Project 1 Benson
Projects ·First Week of Metis!
It’s the first week of Metis and we are starting it off on a Tuesday due to Martin Luther King’s holiday. Although everyone out there (not in the bootcamp) are rejoicing for the day off, I know what this really means… We will have to cram five days of material into four and have one less day to work on our project which is still due on the same Friday. As expected the first week started as intense as I expected and the shorter time span made this even more so.
So let the fun begin… Project 1 Benson
We received an email from WomenTechWomenYes asking our team to use the power of analytics to help optimize the effectiveness of their street teams’ promotion of their annual event gala scheduled to occur early summer. These street teams will be located near subway stations to pass out flyers to patrons where they can receive free tickets to the gala. The goal of the gala is to increase women’s interest in technology and fundraise for scholarships.
Our task is to identify the optimal subway stations to place these street teams to increase attendance to the gala and maximize the likelihood of donations to the organization.
There are a couple of assumptions we made before proceeding to our analysis. We assumed the gala event would occur in mid June of 2018. Therefore it made the most sense to analyze the MTA data three months prior to the event. We decided to analyze data from March through the first week of June and went back to 2015 to further increase the accuracy of the statistics. In addition we are assuming the street teams are able to cover 10 stations.
The target audience are people who hold a degree, as this can be a strong indicator that they are interested in technology. We are not only interested in filling up the seats to the gala but to fill it up with wealthy donors to donate to the cause. Therefore we are targeting wealthy individuals making at least six figures.
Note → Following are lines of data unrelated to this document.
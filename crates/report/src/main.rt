// The program: prints the report of the text on standard input, or of each file named, under a line `file=NAME`.
#![tactic(auto)]

use input::{OfText, each_text};
use output::ended;
use std::io;
use text::{Text, report};

// What is printed of a text: its report.
struct TextReport;

impl OfText for TextReport {
    fn print<P: Print>(&self, rt: &P, text: &[u8]) -> io::Result<()> {
        let mut out = [0u8; Text::REPORT];
        if let Ok(n) = report(text, &mut out) {
            rt.write_all(&out[..n])?;
        }
        Ok(())
    }
}

fn main(rt: HostRuntime) -> io::Result<()> {
    ended(each_text(&rt, &TextReport))
}
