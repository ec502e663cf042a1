// A session of the dialogue: all that needs no LOAD, with forced symbols.
#![tactic(auto)]

fn main(rt: HostRuntime) {
    dialogue::run(&rt);
}
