//! The store of a data server: the pairs that its list of entries makes, what each open transaction would put back, and
//! what the list says of its sessions. The list itself is not kept.
//!
//! `IsStoreOf es store` says that a store stands for the ordered list `es`. Each call's clause says what it answers for
//! every list that it stands for, and `apply` goes on by an entry that may follow. A store of which `apply` answered an
//! `Err` is spent: it stands for no list, and refuses from then on.
#![tactic(auto)]

mod global_store;

pub use folded_store::{TransactionName, entry_fits};
pub use global_store::GlobalStore;
pub use session_books::{Owed, OwedItem};
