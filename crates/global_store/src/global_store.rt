ghost use Rattle.std.specs.Prelude.{◌≡◌, ◌≤◌, List, [], ◌∷◌, ◌++◌, true, length, filter, IfOk, OnOk, OnErr, IfSome, IsErr};
ghost use Rattle.std.specs.Option.{option_copied};
ghost use Rattle.std.specs.declared.cmp.Ordering.TheVariants.{Less};
ghost use Rattle.subscript_keys.specs.Key.{IsKey, IsSub};
ghost use Rattle.plain_orders.specs.declared.entry.Entry.{Entry};
ghost use Rattle.plain_orders.specs.PairMap.{key_cmp, value_at};
ghost use Rattle.plain_orders.specs.Entries.{count, live, live_session, last_epoch};
ghost use Rattle.plain_orders.specs.Sessions.{app_in, live_sessions, place_of_epoch};
ghost use Rattle.plain_orders.specs.Fold.{fold, is_begun};
ghost use Rattle.plain_orders.specs.Ordered.{MayFollow, IsOrdered};
ghost use Rattle.plain_orders.specs.Answers.{entry_sum, data_on, IsNextOn};
ghost use Rattle.plain_orders.specs.Spans.{entry_spans};
ghost use Rattle.end_words.specs.Runs.{covers, TrueAt};
ghost use Rattle.block_bytes.specs.Blocks.{block_bytes, IsBlockRun};
ghost use Rattle.block_tree.specs.TreeWords.{end_of_keys, all_keys, FitsOneBlock};
ghost use Rattle.folded_store.specs.Limits.{EntryFits};
ghost use Rattle.folded_store.specs.Transactions.{is_of};
ghost use Rattle.session_books.specs.Places.{close_place};
ghost use Rattle.session_books.specs.Books.{owed_live};
ghost use Rattle.global_store.specs.Stores.{IsStoreOf};

use block_tree::BlockTree;
use folded_store::{FoldedStore, TransactionName};
use plain_orders::{Applied, Entry};
use session_books::{Owed, SessionBooks};
use std::alloc::{AllocError, Global};
use subscript_keys::{KeyBytes, Run, Sub, ValueBytes};

/// The store of a data server.
#[derive(Drop)]
pub struct GlobalStore {
    folded: FoldedStore<BlockTree>,
    books: SessionBooks,
    /// Whether `apply` answered an `Err`.
    spent: bool,
}

impl GlobalStore {
    /// Of no entry.
    pub fn new(alloc: Global) -> Result<GlobalStore, AllocError>
        ensures { IfOk result (λ store. IsStoreOf [] store) }
    {
        Ok(GlobalStore {
            folded: FoldedStore::over(alloc, BlockTree::new(alloc)?),
            books: SessionBooks::new(alloc),
            spent: false,
        })
    }

    /// Of the entries of an ordered list.
    pub fn of(alloc: Global, entries: &[Entry]) -> Result<GlobalStore, AllocError>
        requires { IsOrdered entries.now }
        ensures { IfOk result (λ store. IsStoreOf entries.now store) }
    {
        let mut store = GlobalStore::new(alloc)?;
        for entry in entries {
            store.apply(alloc, entry)?;
        }
        Ok(store)
    }

    /// Takes one entry more, which may follow. After an `Err` the store is spent, and a spent store answers `Err`.
    pub fn apply(&mut self, alloc: Global, entry: &Entry) -> Result<Applied, AllocError>
        requires { EntryFits entry.now }
        ensures next { OnOk result ((es : List Entry) → IsStoreOf es self.old → MayFollow es entry.now
            → IsStoreOf (es ++ entry.now ∷ []) self.new) }
        ensures spans { IfOk result (λ applied. (es : List Entry) → IsStoreOf es self.old
            → applied.spans ≡ entry_spans (fold es) entry.now) }
        ensures sum { IfOk result (λ applied. (es : List Entry) → IsStoreOf es self.old
            → applied.sum ≡ entry_sum (fold es).pairs entry.now) }
        ensures err { OnErr result (self.new.spent ≡ true) }
        ensures spent { self.old.spent ≡ true → IsErr result }
    {
        if self.spent {
            return Err(AllocError);
        }
        self.spent = true;
        let applied = self.folded.apply(alloc, entry)?;
        self.books.take(alloc, entry, applied.sum)?;
        self.spent = false;
        Ok(applied)
    }

    /// Whether it is spent.
    pub fn is_spent(&self) -> bool
        ensures { result ≡ self.now.spent }
    {
        self.spent
    }

    /// The value of the node with this key.
    pub fn get(&self, key: &KeyBytes) -> Option<&ValueBytes>
        ensures { (es : List Entry) → IsStoreOf es self.now
            → option_copied result ≡ value_at (fold es).pairs key.now }
    {
        self.folded.get(key)
    }

    /// What stands at and below the node with this key: 1 for a value and 10 for descendants, both, or 0.
    pub fn shape(&self, key: &KeyBytes) -> u8
        ensures { (es : List Entry) → IsStoreOf es self.now → result ≡ data_on es key.now }
    {
        self.folded.shape(key)
    }

    /// The next subscript below the parent: that of its first descendant, or of its first descendant after
    /// this subscript with all that is below it. None where there is no such descendant.
    pub fn next_sub(
        &self,
        alloc: Global,
        parent: &KeyBytes,
        sub: Option<&Sub>,
    ) -> Result<Option<Sub>, AllocError>
        requires parent { IsKey parent.now }
        requires sub { IfSome (option_copied sub) IsSub }
        ensures { IfOk result (λ found. (es : List Entry) → IsStoreOf es self.now
            → IsNextOn es parent.now (option_copied sub.entry) found) }
    {
        self.folded.next_sub(alloc, parent, sub)
    }

    /// How many nodes have a value.
    pub fn len(&self) -> usize
        ensures { (es : List Entry) → IsStoreOf es self.now → result ≡ length (fold es).pairs }
    {
        self.folded.len()
    }

    /// A run that holds the key and is true of the whole list. While all pairs fit one block, it holds all keys.
    pub fn run_for(&self, key: &KeyBytes) -> Result<Run, AllocError>
        requires { key_cmp key.now end_of_keys ≡ Less }
        ensures covers { IfOk result (λ run. covers key.now run ≡ true) }
        ensures holds { IfOk result (λ run. (es : List Entry) → IsStoreOf es self.now → TrueAt run es (length es)) }
        ensures block { IfOk result (λ run. IsBlockRun run) }
        ensures fits { IfOk result (λ run. length (block_bytes run) ≤ 8192) }
        ensures whole { IfOk result (λ run. (es : List Entry) → IsStoreOf es self.now → FitsOneBlock (fold es).pairs
            → run.span ≡ all_keys) }
    {
        self.folded.run_for(key)
    }

    /// How many entries there are.
    pub fn length(&self) -> u64
        ensures { (es : List Entry) → IsStoreOf es self.now → result ≡ length es }
    {
        self.books.length()
    }

    /// The number of the newest Epoch, or 0.
    pub fn last_epoch(&self) -> u32
        ensures { (es : List Entry) → IsStoreOf es self.now → result ≡ last_epoch es }
    {
        self.books.last_epoch()
    }

    /// How many entries stand before the first Epoch above this one.
    pub fn place_of_epoch(&self, epoch: u32) -> Option<u64>
        ensures { (es : List Entry) → IsStoreOf es self.now → result ≡ place_of_epoch epoch 0 es }
    {
        self.books.place_of_epoch(epoch)
    }

    /// The greatest running number of a session's items, or 0.
    pub fn count(&self, session: u64) -> u64
        ensures { (es : List Entry) → IsStoreOf es self.now → result ≡ count es session }
    {
        self.books.count(session)
    }

    /// Whether a session is opened and not closed after that.
    pub fn is_live(&self, session: u64) -> bool
        ensures { (es : List Entry) → IsStoreOf es self.now → result ≡ live es session }
    {
        self.books.is_live(session)
    }

    /// The application server that opened a session.
    pub fn app_of(&self, session: u64) -> Option<u8>
        ensures { (es : List Entry) → IsStoreOf es self.now → result ≡ app_in es session }
    {
        self.books.app_of(session)
    }

    /// The live session of an application server.
    pub fn live_session(&self, app: u8) -> Option<u64>
        ensures { (es : List Entry) → IsStoreOf es self.now → result ≡ live_session es app }
    {
        self.books.live_session(app)
    }

    /// The live sessions, in the order of their Opens.
    pub fn live_sessions(&self) -> &[u64]
        ensures { (es : List Entry) → IsStoreOf es self.now → result.now ≡ live_sessions es }
    {
        self.books.live_sessions()
    }

    /// Whether the transaction is open.
    pub fn is_begun(&self, name: TransactionName) -> bool
        ensures { (es : List Entry) → IsStoreOf es self.now
            → result ≡ is_begun name.session name.job name.txn (fold es).begun }
    {
        self.folded.is_begun(name)
    }

    /// How many transactions of the session are open.
    pub fn open_txns(&self, session: u64) -> usize
        ensures { (es : List Entry) → IsStoreOf es self.now
            → result ≡ length (filter (is_of session) (fold es).begun) }
    {
        self.folded.open_txns(session)
    }

    /// Where a session's Close stands, the first entry being at 1.
    pub fn closed_at(&self, session: u64) -> Option<u64>
        ensures { (es : List Entry) → IsStoreOf es self.now → result ≡ close_place es session }
    {
        self.books.closed_at(session)
    }

    /// What the item of a live session with this running number is owed, if it is one that is answered.
    pub fn owed(&self, session: u64, w: u64) -> Option<Owed>
        ensures { (es : List Entry) → IsStoreOf es self.now → result ≡ owed_live es session w }
    {
        self.books.owed(session, w)
    }
}
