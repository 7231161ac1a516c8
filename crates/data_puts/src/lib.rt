//! What a data server's step puts, takes and awaits: frames go out on connections of sessions alone, a round awaits those
//! of which no Done was taken, and a Recover in an older epoch is of a session that didn't learn of the order. They are
//! lemmas of the proofs; no clause names them.
#![tactic(auto)]
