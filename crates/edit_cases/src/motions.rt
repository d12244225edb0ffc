// Objects and points that are moved and turned.
ghost use Rattle.std.specs.Prelude.{◌<◌, IfOk};
ghost use Rattle.geda_geom.specs.Placing.{IsOnSheet};

use crate::reading::{last_line, object_of, point, quarter, whole};
use case_tables::{CaseFault, cell};
use edit_move::{MoveFault, moved, turned};
use geda_geom::{Point, turn};
use geda_model::Object;
use std::alloc::Global;

/// The object that came of one, or the name of the fault.
fn told(alloc: Global, made: Result<Object, MoveFault>) -> Result<String, CaseFault> {
    match made {
        Ok(object) => last_line(alloc, object),
        Err(MoveFault::NoMemory) => Err(CaseFault::NoMemory),
        Err(fault) => Ok(format!(in alloc; "{fault:?}")?),
    }
}

/// An object that is moved `DX DY`.
pub fn move_object(alloc: Global, cells: &[&str]) -> Result<String, CaseFault> {
    let mut words = cell(cells, 1).split_whitespace();
    let dx = whole(words.next(), 400000)?;
    let dy = whole(words.next(), 400000)?;
    let object = object_of(alloc, cell(cells, 0))?;
    let made = moved(alloc, &object, dx, dy);
    drop(object);
    told(alloc, made)
}

/// A turn `X Y QUARTER`, behind which stands `mirrored` where it mirrors before.
fn turn_of(cell: &str) -> Result<(Point, u8, bool), CaseFault>
    ensures { IfOk result (λ turn. IsOnSheet turn.0 × (turn.1 < 4)) }
{
    let mut words = cell.split_whitespace();
    let about = point(words.next(), words.next())?;
    let quarter = quarter(words.next())?;
    let mirror = words.next() == Some("mirrored");
    Ok((about, quarter, mirror))
}

/// An object that is turned.
pub fn turn_object(alloc: Global, cells: &[&str]) -> Result<String, CaseFault> {
    let (Point { x, y }, quarter, mirror) = turn_of(cell(cells, 1))?;
    let object = object_of(alloc, cell(cells, 0))?;
    let made = turned(alloc, &object, x, y, quarter, mirror);
    drop(object);
    told(alloc, made)
}

/// A point that is turned.
pub fn turn_point(alloc: Global, cells: &[&str]) -> Result<String, CaseFault> {
    let mut words = cell(cells, 0).split_whitespace();
    let from = point(words.next(), words.next())?;
    let (about, quarter, mirror) = turn_of(cell(cells, 1))?;
    let to = turn(from, about, quarter, mirror);
    Ok(format!(in alloc; "{} {}", to.x, to.y)?)
}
Furthermore we are looking for people between the ages of 25 – 65. We thought this was a reasonable age range where people would either be already starting their careers in technology and are wealthy enough to donate.
Approach
We had to use New York’s MTA Turnstile data as our base point in our analysis which is free and available online.Luckily the data was very clean and easy to understand. The essential numbers to our analysis is analyzing the total foot traffic which is the sum of entries and exits. The entries and exits were cumulative so we had to make sure to calculate the total foot_traffic at that time of day.
We were also able to attain data of median household income, education attainment, and household totaling 200K from people between 25-65.
Since we are including multiple metrics in determining the optimal subway station, we decided to create an algorithm to calculate the ‘station value’ where we assigned different weights to each metric. We weighed foot traffic 50%, income and age 20%, and education attainment 30%.
Due to the locational aspect of this project, I was able to use ArcGis to map out the locations of the stations. We mapped out each station with different size bubbles with respect to its foot traffic. There were three stand out stations with the most traffic: 116th Street, 59 Street, and Wall Street.
A horizontal bar chart was supplemented with the map to show the top 10 stations with the most foot traffic. We followed this similar analysis with each metric.
It was pretty cool and informative when I overlapped all of the metrics onto one map so we could see which station had the most overlap.
However the map did look a bit busy so we also provided a map of each station by its station value. The map looked considerably clearer in determining which station were the most optimal. We were able to provide the top 10 stations with the highest scores.
If we had more time to work on the project we would have loved to incorporate more metrics to better capture our target audience. The NAICS has a technology sector code denoting the percent of people in technology related fields. This would have been very helpful in locating people that are interested in technology. Furthermore we could have used data of people holding computer science, math, and engineering degrees. These two datasets would have greatly improve finding people to attend and donate to the WYWT organization.